---------- Provided data

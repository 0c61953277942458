//! What a script plays on: the replicas, what they have done, and the messages that they sent.
ghost use Rattle.std.specs.Prelude.{◌≡◌, ◌≢◌, ◌<◌, ◌≤◌, true, [], ◌∷◌, ◌++◌, length, slice_get, slice_set, slice_index_or, Some, IfOk, OnErr, OnOk};
ghost use Rattle.tact_base.specs.declared.limits.TheConstants.{CLIENTS, SCRIPT_LINES};
ghost use Rattle.run_model.specs.Histories.{part_of, moment_at, sent_in};
ghost use Rattle.run_model.specs.Ranges.{IsRequestInRange};
ghost use Rattle.run_model.specs.ScriptRuns.{not_played, played_by, lines_text, line_comment, calls, sends, takes, passes, enters, entries_text, act_comments, show_text};
ghost use Rattle.run_model.specs.Text.{entry_text};
ghost use Rattle.run_model.specs.declared.entry.Act.TheVariants as act;
ghost use Rattle.run_model.specs.declared.script_line.Line.TheVariants as line;
ghost use Rattle.script_text.specs.Scripts.{IsScript};
ghost use Rattle.script_text.specs.Setups.{setup_of};
ghost use Rattle.script_run.specs.Stages.{Keeps, GoesOnTo, setup_in, played_in};

mod calling;
mod lending;
mod sending;

use crate::comments::{needs, reference, show};
use crate::outbox::Outbox;
use crate::page::Page;
use crate::witness::Witness;
use calling::needs_in;
use given_up::GivenUp;
use reference_book::Book;
use replica_set::ReplicaSet;
use run_model::{Act, Config, Entry, Line, line_with};
use std::alloc::Global;
use tact_base::{Bytes, NoMemory, Numbers};

/// The replicas of a setup, and what they have done.
#[derive(Drop)]
pub(crate) struct Stage {
    set: ReplicaSet,
    /// All accepted writes, where the stage prints.
    book: Book,
    /// What happened, in order. Contracts alone see it; a witness keeps of it what he wants.
    history: GivenUp<Entry>,
    /// By replica, the messages that it sent.
    sent: Vec<Outbox>,
    /// The moment that is handed to what follows.
    handed: u64,
    /// A zero for each replica: the firsts where none are given.
    zeros: Numbers,
    /// Whether the entries that are made are printed, with the comments on them.
    prints: bool,
    /// The entry that a call is put into: so none is made anew for each call.
    calling: Entry,
}

impl Stage {
    ghost use Rattle.script_run.specs.Stages.{IsMade, Entered, Enters, Steps, IsReadyFor};

    /// A stage of a setup, on which nothing has happened.
    pub(crate) fn new(alloc: Global, config: &Config, prints: bool) -> Result<Stage, NoMemory>
        ensures keeps { IfOk result Keeps }
        ensures setup { IfOk result (λ stage. setup_in stage ≡ config.now) }
        ensures played { IfOk result (λ stage. played_in stage ≡ not_played) }
        ensures prints { IfOk result (λ stage. stage.prints ≡ prints) }
    {
        let mut sent = Vec::new(alloc);
        for _replica in 0..config.replicas() {
            sent.push(Outbox::new(alloc))?;
        }
        Ok(Stage {
            set: ReplicaSet::new(alloc, config)?,
            book: Book::new(alloc, config)?,
            history: GivenUp::new(),
            sent,
            handed: 0,
            zeros: Numbers::filled(alloc, 0, config.replicas())?,
            prints,
            calling: Entry {
                replica: 0,
                moment: 0,
                act: Act::Restart,
            },
        })
    }

    /// Does what a line says, and appends what it prints, where the stage prints.
    pub(crate) fn step<W: Witness>(
        &mut self,
        line: &Line,
        witness: &mut W,
        out: &mut Page,
    ) -> Result<(), NoMemory>
        requires keeps { Keeps self.old }
        requires ready { IsReadyFor (setup_in self.old) self.old.history.items line.now }
        requires saw { W.saw witness.old self.old.history.items }
        ensures steps { OnOk result (Steps self.old self.new line.now out.old out.new) }
        ensures setup { setup_in self.new ≡ setup_in self.old }
        ensures saw { OnOk result (W.saw witness.new self.new.history.items) }
    {
        match line {
            Line::Start { .. } | Line::Bound { .. } => Ok(()),
            Line::At { moment } => {
                self.handed = *moment;
                Ok(())
            }
            Line::Write {
                replica,
                client,
                ..
            } => self.call(*replica, *client, line, witness, out),
            Line::Held {
                replica,
                client,
                ..
            } => self.call(*replica, *client, line, witness, out),
            Line::Reserve {
                replica,
                client,
                ..
            } => self.call(*replica, *client, line, witness, out),
            Line::Release {
                replica,
                client,
                ..
            } => self.call(*replica, *client, line, witness, out),
            Line::Read {
                replica,
                client,
                ..
            } => self.call(*replica, *client, line, witness, out),
            Line::Send { from, to, firsts } => self.send(*from, *to, firsts, witness, out),
            Line::Take {
                replica,
                from,
                number,
            } => self.take(*replica, *from, *number, witness, out),
            Line::Sync { first, second } => {
                self.pass(*first, *second, witness, out)?;
                self.pass(*second, *first, witness, out)
            }
            Line::Lend {
                owner,
                holder,
                conit,
                amount,
            } => self.lend(*owner, *holder, *conit, *amount, witness, out),
            Line::Back {
                holder,
                owner,
                conit,
                amount,
            } => self.give_back(*holder, *owner, *conit, *amount, witness, out),
            Line::Restart { replica } => self.restart(*replica, witness, out),
            Line::Show { replica } => self.show(*replica, &mut out.text),
            Line::Ref { conit } => self.tell_reference(*conit, &mut out.text),
        }
    }

    /// Appends the comment that shows a replica.
    pub(crate) fn show(&self, replica: u32, out: &mut Bytes) -> Result<(), NoMemory>
        requires keeps { Keeps self.now }
        requires replica { replica < (setup_in self.now).replicas }
        ensures ok { OnOk result (out.new ≡ out.old ++ show_text (setup_in self.now) self.now.history.items replica) }
        ensures err { OnErr result (out.new ≡ out.old) }
    {
        let view = self.set.at(replica);
        show(self.set.config(), replica, view, out)
    }

    // Appends the comment on a conit's true value, where the stage prints.
    fn tell_reference(&self, conit: u32, out: &mut Bytes) -> Result<(), NoMemory>
        requires keeps { Keeps self.now }
        requires conit { conit < (setup_in self.now).conits }
        ensures { OnOk result (self.now.prints ≡ true
            → out.new ≡ out.old ++ line_comment (setup_in self.now) self.now.history.items (line.Ref conit)) }
    {
        if !self.prints {
            return Ok(());
        }
        reference(conit, self.book.value(conit), out)
    }

    // The moment of the next entry of a replica.
    fn moment_of(&self, replica: u32) -> u64
        requires keeps { Keeps self.now }
        requires replica { replica < (setup_in self.now).replicas }
        ensures { result ≡ moment_at (part_of self.now.history.items replica) self.now.handed }
    {
        self.handed.max(self.set.at(replica).last())
    }

    // Enters an entry that was made: tells a witness of it, and appends its line and the comments on it, where the stage
    // prints.
    fn enter<W: Witness>(
        &mut self,
        entry: &Entry,
        witness: &mut W,
        out: &mut Page,
    ) -> Result<(), NoMemory>
        requires made { IsMade self.old entry.now }
        requires saw { W.saw witness.old self.old.history.items }
        ensures entered { OnOk result (Entered self.old self.new entry.now out.old out.new) }
        ensures set { self.new.set ≡ self.old.set }
        ensures saw { OnOk result (W.saw witness.new self.new.history.items) }
    {
        self.history = self.tell(entry, witness, out)?;
        Ok(())
    }

    // Tells a witness of an entry that was made, which may lie within the stage, and appends its line and the comments on
    // it, where the stage prints. What happened is then this.
    fn tell<W: Witness>(
        &self,
        entry: &Entry,
        witness: &mut W,
        out: &mut Page,
    ) -> Result<GivenUp<Entry>, NoMemory>
        requires made { IsMade self.now entry.now }
        requires saw { W.saw witness.old self.now.history.items }
        ensures entered { IfOk result (λ history. Entered self.now (record self.now { history = history }) entry.now out.old out.new) }
        ensures saw { IfOk result (λ history. W.saw witness.new history.items) }
    {
        if self.prints {
            line_with(&mut out.room, entry, &mut out.text)?;
            self.comment_on(entry, &mut out.text)?;
        }
        witness.sees(entry)?;
        Ok(self.history.and(entry))
    }

    // Appends the comments on an entry that was made: how well each need of an answered read was met.
    fn comment_on(&self, entry: &Entry, out: &mut Bytes) -> Result<(), NoMemory>
        requires made { IsMade self.now entry.now }
        requires prints { self.now.prints ≡ true }
        ensures { OnOk result (out.new ≡ out.old
            ++ act_comments (setup_in self.now) (self.now.history.items ++ entry.now ∷ []) entry.now.replica entry.now.moment entry.now.act) }
    {
        let view = self.set.at(entry.replica);
        needs(&self.book, view, entry.moment, needs_in(&entry.act), out)
    }

    // A replica begins anew.
    fn restart<W: Witness>(
        &mut self,
        replica: u32,
        witness: &mut W,
        out: &mut Page,
    ) -> Result<(), NoMemory>
        requires keeps { Keeps self.old }
        requires replica { replica < (setup_in self.old).replicas }
        requires saw { W.saw witness.old self.old.history.items }
        ensures enters { OnOk result (Enters self.old self.new (enters (played_in self.old) replica (λ part moment. act.Restart)) out.old out.new) }
        ensures setup { setup_in self.new ≡ setup_in self.old }
        ensures saw { OnOk result (W.saw witness.new self.new.history.items) }
    {
        let moment = self.moment_of(replica);
        // No replica of a script is full.
        let Ok(()) = self.set.restart(replica, self.handed) else {
            return Err(NoMemory);
        };
        let entry = Entry {
            replica,
            moment,
            act: Act::Restart,
        };
        self.enter(&entry, witness, out)
    }
}

/// Does what the lines of a script say, on a stage on which nothing has happened, and appends what they print, where the
/// stage prints.
pub(crate) fn step_all<W: Witness>(
    stage: &mut Stage,
    lines: &[Line],
    witness: &mut W,
    page: &mut Page,
) -> Result<(), NoMemory>
    requires script { IsScript lines.now }
    requires few { length lines.now ≤ SCRIPT_LINES }
    requires keeps { Keeps stage.old }
    requires setup { setup_in stage.old ≡ setup_of lines.now }
    requires played { played_in stage.old ≡ not_played }
    requires saw { W.saw witness.old stage.old.history.items }
    ensures goes { OnOk result (GoesOnTo stage.old stage.new (played_by (setup_of lines.now) lines.now)) }
    ensures saw { OnOk result (W.saw witness.new stage.new.history.items) }
    ensures text { OnOk result (stage.old.prints ≡ true → page.new ≡ page.old ++ lines_text (setup_of lines.now) not_played lines.now) }
{
    for line in lines {
        stage.step(line, witness, page)?;
    }
    Ok(())
}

--------------------

* _Task brief_:
Collect each line above holding the string "true".

* _Task answer_:
ghost use Rattle.std.specs.Prelude.{◌≡◌, ◌≢◌, ◌<◌, ◌≤◌, true, [], ◌∷◌, ◌++◌, length, slice_get, slice_set, slice_index_or, Some, IfOk, OnErr, OnOk};
    // Appends the comment on a conit's true value, where the stage prints.
        ensures { OnOk result (self.now.prints ≡ true
        requires prints { self.now.prints ≡ true }
    ensures text { OnOk result (stage.old.prints ≡ true → page.new ≡ page.old ++ lines_text (setup_of lines.now) not_played lines.now) }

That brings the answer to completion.